- Opening Delimiter -
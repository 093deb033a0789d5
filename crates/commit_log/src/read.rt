// The journal of a disk, and the tables that its frames lead to.
ghost use Rattle.std.specs.Prelude.{◌≡◌, ◌↔◌, ℕ, List, IfOk, IfErr};
ghost use Rattle.redo_journal.specs.Mount.{HasKnownVersion, IsDamage, IsFault as IsMountFault, disk_in as disk_in_mount};
ghost use Rattle.redo_records.specs.Recovered.{recovered};
ghost use Rattle.commit_log.specs.Mounting.{IsDamageOf, IsFault, IsRead, IsRefused, IsUnwritten, disk_after, disk_in};

use crate::LogFault;
use aq_disk::Disk;
use database_recovery::{
    PreparedStore, RecoveryFault, damage_recovers, damaged_at, frames_lead, journal_recovers,
    mount_recovers, recover,
};
use redo_journal::{Journal, MountFault};
use std::alloc::{AllocError, Global};

// Why a log is not mounted where its journal is not: damage is told where it stands first.
fn fault_of<D>(alloc: Global, fault: MountFault<D>) -> LogFault<D>
    requires { HasKnownVersion fault }
    ensures damaged { (bytes : List ℕ) → IsDamage fault bytes → IsDamageOf (recovered bytes) result }
    ensures disk { disk_in result ≡ disk_in_mount fault }
    ensures fault { IsFault result ↔ IsMountFault fault }
{
    damage_recovers();
    match fault {
        MountFault::Fault(disk) => LogFault::Fault(disk),
        MountFault::Damaged(damage, disk) => match damaged_at(alloc, damage) {
            Ok(at) => LogFault::Damaged(at, disk),
            Err(AllocError) => LogFault::Memory(disk),
        },
        MountFault::Memory(disk) => LogFault::Memory(disk),
    }
}

/// The journal of a disk, whichever version it has, and a store of the tables that its commits lead to. A disk that has none yet is begun;
/// else nothing is written, whatever is answered. `Damaged` tells where the disk is damaged first.
pub fn read_log<D: Disk>(alloc: Global, disk: D) -> Result<(Journal<D>, PreparedStore), LogFault<D>>
    ensures read { IfOk result (λ r. IsRead D.Disk disk r.1.tables r.0) }
    ensures refused { IfErr result (IsRefused D.Disk disk) }
    ensures unwritten { IsUnwritten D.Disk disk (disk_after result) }
{
    journal_recovers();
    frames_lead();
    mount_recovers();
    let (journal, frames) = match Journal::mount(alloc, disk) {
        Ok(mounted) => mounted,
        Err(fault) => return Err(fault_of(alloc, fault)),
    };
    match recover(alloc, journal.version(), frames) {
        Ok(store) => Ok((journal, store)),
        Err(RecoveryFault::Damaged(at)) => Err(LogFault::Damaged(at, journal.into_disk())),
        Err(RecoveryFault::Memory) => Err(LogFault::Memory(journal.into_disk())),
    }
}
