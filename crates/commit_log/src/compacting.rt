// A log is compacted.
ghost use Rattle.std.specs.Prelude.{◌≡◌, [], None, IfOk, IfErr};
ghost use Rattle.aq_disk.specs.Causes.{Rose};
ghost use Rattle.checkpoint.specs.Answer.{IsFault, disk_in};
ghost use Rattle.database_recovery.specs.Sound.{IsSound};
ghost use Rattle.commit_log.specs.Compacting.{IsCompacted, KeepsTables, disk_compacted};

use crate::CommitLog;
use aq_disk::Disk;
use checkpoint::CompactFault;
use checkpoint_commit::{checkpoint_restores, compact_into};
use database_recovery::contents_recover;
use queue_rows::Tables;
use std::alloc::Global;

impl<D: Disk> CommitLog<D> {
    /// Writes the log anew with the one commit that leads to these tables, which are those that it leads to, and gives its disk back. At each
    /// call a crash leaves these tables, whatever is answered. All memory is taken before the first call on the disk.
    pub fn compact(self, alloc: Global, tables: &Tables) -> Result<D, CompactFault<D>>
        requires queued { self.queued ≡ [] }
        requires fine { self.failed_at ≡ None }
        requires sound { IsSound tables.now }
        ensures compacted { IfOk result (IsCompacted D.Disk tables.now self) }
        ensures keeps { KeepsTables D.Disk tables.now self (disk_compacted result) }
        ensures fault { IfErr result (λ e. IsFault e → Rose (D.faults self.disk) (D.faults (disk_in e))) }
        ensures memory { IfErr result (λ e. (IsFault e → ⊥) → disk_in e ≡ self.disk) }
    {
        checkpoint_restores();
        contents_recover();
        let CommitLog {
            journal,
            spelled: _,
        } = self;
        compact_into(alloc, journal, tables)
    }
}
- Closing Delimiter -
### Try it:
The string "first" may occur in the listing; show every line where it does.

### Exercise response:
// Why a log is not mounted where its journal is not: damage is told where it stands first.
/// else nothing is written, whatever is answered. `Damaged` tells where the disk is damaged first.
    /// call a crash leaves these tables, whatever is answered. All memory is taken before the first call on the disk.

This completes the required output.